The rally, tied to International Workers Day, begins at noon at the Houghton boat launch near the Power House building, at the foot of the Portage Lake Lift Bridge. The headline speaker is Dianda, who will kick off his campaign for the 110th District state representative seat. Dianda, of Calumet, unsuccessfully ran against Matt Huuki, R-Atlantic Mine, in the 2010 election.
Dianda said he is running to represent the people of the 110th District, who he said have been hurt through measures such as the cuts of education funding and increases to pension taxes. If elected, he said, he will work to restore local control of government.

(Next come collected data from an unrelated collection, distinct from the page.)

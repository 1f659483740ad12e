//! Sets of atoms in one array, each in the same number of words.
ghost use Rattle.std.specs.Prelude.{◌≡◌, ◌*◌, ◌^◌, ◌<◌, ◌≤◌, ◌++◌, ◌∷◌, [], IfOk, OnOk, length, slice_index};
ghost use Rattle.pb_packed.specs.Sizes.{state_bits};
ghost use Rattle.pb_packed.specs.Words.{number_of, AreWords};

use pb_packed::Packed;
use std::alloc::{AllocError, Global};
use std::marker::Model;

/// Sets of atoms, each in the same number of words. Contracts see this number and the sets.
#[derive(Drop)]
pub struct AtomSets {
    width: usize,
    count: usize,
    // the words of the sets, one set after another, the lowest word of each first
    words: Vec<u64>,
    alloc: Global,
}

impl Model for AtomSets {
    ghost use Rattle.pb_task.specs.FlatSets.{FlatSets, flat_of, AreFlat};

    ghost Value = { FlatSets };

    ghost view = { λ s. flat_of s.width s.count s.words.items };

    ghost invariant = { λ s. AreFlat s.width s.count s.words.items };
}

// How many words a set takes.
fn words_for(set: &Packed) -> usize
    ensures fits { set.now < 2 ^ (64 * result) }
    ensures some { 1 ≤ result }
    ensures most { 64 * result ≤ state_bits }
{
    // `width` is 1, 4 or 16, and the set may fit fewer words than that.
    let mut width = set.width();
    while 1 < width && *set < Packed::zero().with(64 * (width - 1) as u32, true) {
        width -= 1;
    }
    width
}

impl AtomSets {
    /// No sets.
    pub fn new(alloc: Global) -> AtomSets
        ensures { result.sets ≡ [] }
    {
        AtomSets::of_width(alloc, 1)
    }

    // No sets, each to take so many words.
    fn of_width(alloc: Global, width: usize) -> AtomSets
        requires some { 1 ≤ width }
        requires most { 64 * width ≤ state_bits }
        ensures sets { result.sets ≡ [] }
        ensures width { result.width ≡ width }
    {
        AtomSets {
            width,
            count: 0,
            words: Vec::new(alloc),
            alloc,
        }
    }

    // Adds a set, given by its words, after the others.
    fn push_words(&mut self, set: &[u64]) -> Result<(), AllocError>
        requires long { length set.now ≡ self.old.width }
        requires words { AreWords (length set.now) set.now }
        ensures sets { OnOk result (self.new.sets ≡ self.old.sets ++ number_of set.now ∷ []) }
        ensures width { self.new.width ≡ self.old.width }
    {
        self.words.extend_from_slice(set)?;
        self.count += 1;
        Ok(())
    }

    // Adds a set that takes no more words than the others.
    fn push(&mut self, set: &Packed) -> Result<(), AllocError>
        requires fits { set.now < 2 ^ (64 * self.old.width) }
        ensures sets { OnOk result (self.new.sets ≡ self.old.sets ++ set.now ∷ []) }
        ensures width { self.new.width ≡ self.old.width }
    {
        let words = set.to_words();
        let width = self.width();
        // The set fits `width` words, so the words left out are 0.
        self.push_words(&words[..width])
    }

    // How many words each set takes.
    fn width(&self) -> usize
        ensures width { result ≡ self.now.width }
        ensures some { 1 ≤ result }
        ensures most { 64 * result ≤ state_bits }
    {
        self.width
    }

    /// How many sets there are.
    pub fn len(&self) -> usize
        ensures { result ≡ length self.now.sets }
    {
        self.count
    }

    /// The words of the set at a place.
    #[inline]
    pub fn at(&self, i: usize) -> &[u64]
        requires { i < length self.now.sets }
        ensures set { number_of result.now ≡ slice_index self.now.sets i }
        ensures words { AreWords (length result.now) result.now }
        ensures long { length result.now ≡ self.now.width }
        ensures few { 64 * length result.now ≤ state_bits }
        ensures small { number_of result.now < 2 ^ (64 * self.now.width) }
    {
        let words = self.words.as_slice();
        let first = i * self.width;
        &words[first..first + self.width]
    }

    // The same sets in more words each.
    fn widened(&self, width: usize) -> Result<AtomSets, AllocError>
        requires more { self.now.width ≤ width }
        requires most { 64 * width ≤ state_bits }
        ensures sets { IfOk result (λ wider. wider.sets ≡ self.now.sets) }
        ensures width { IfOk result (λ wider. wider.width ≡ width) }
    {
        // The maximum below is `width`. The clauses of this call show that it is at least 1.
        let least = self.width();
        let mut wider = AtomSets::of_width(self.alloc, width.max(least));
        for i in 0..self.len() {
            let set = Packed::of_slice(self.at(i));
            wider.push(&set)?;
        }
        Ok(wider)
    }

    // The same sets in at least so many words each.
    fn with_room(self, width: usize) -> Result<AtomSets, AllocError>
        requires most { 64 * width ≤ state_bits }
        ensures sets { IfOk result (λ wider. wider.sets ≡ self.sets) }
        ensures width { IfOk result (λ wider. width ≤ wider.width) }
    {
        if self.width() < width {
            self.widened(width)
        } else {
            Ok(self)
        }
    }

    /// The same sets, and one more after them.
    pub fn with(self, set: &Packed) -> Result<AtomSets, AllocError>
        ensures { IfOk result (λ more. more.sets ≡ self.sets ++ set.now ∷ []) }
    {
        let mut sets = self.with_room(words_for(set))?;
        sets.push(set)?;
        Ok(sets)
    }
}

"We've raised taxes, we've cut the education system, and our local control of government is being eroded because we're not being able to fund local government," he said. "Everything is being controlled by Lansing. We need to reform the way the state is being operated."
In addition to celebrating the history of labor, the rally was conceived as a protest against legislation passed by the state Legislature since 2011 - "things that really hurt the working and middle class in Michigan, and really helped out people in Michigan who were already doing OK like large corporations," said Elise Matz of the Western Upper Peninsula Community Action Team.
Particular points of contention include Huuki's votes to cut funding for local government and to reduce the number of weeks available for unemployment benefits.
After the rally, attendees will march across the bridge, walking to the Hancock side, looping around the M-26 ramp, then coming back to Houghton. Marchers are encouraged to bring signs.
Afterwards, all are invited to a taco social at 3 p.m. at the Super 8 Motel sponsored by the Houghton County Democratic Party.
Last year's rallies drew between 150 and 200 people, Matz said. With the interest in the election season, she thinks the number could go even higher.
"People are really excited about the election," she said. "They finally have a chance to do something about all the conservative nonsense coming out of Lansing ... I'd love to see 200 people out. I'd love to see 500 people out."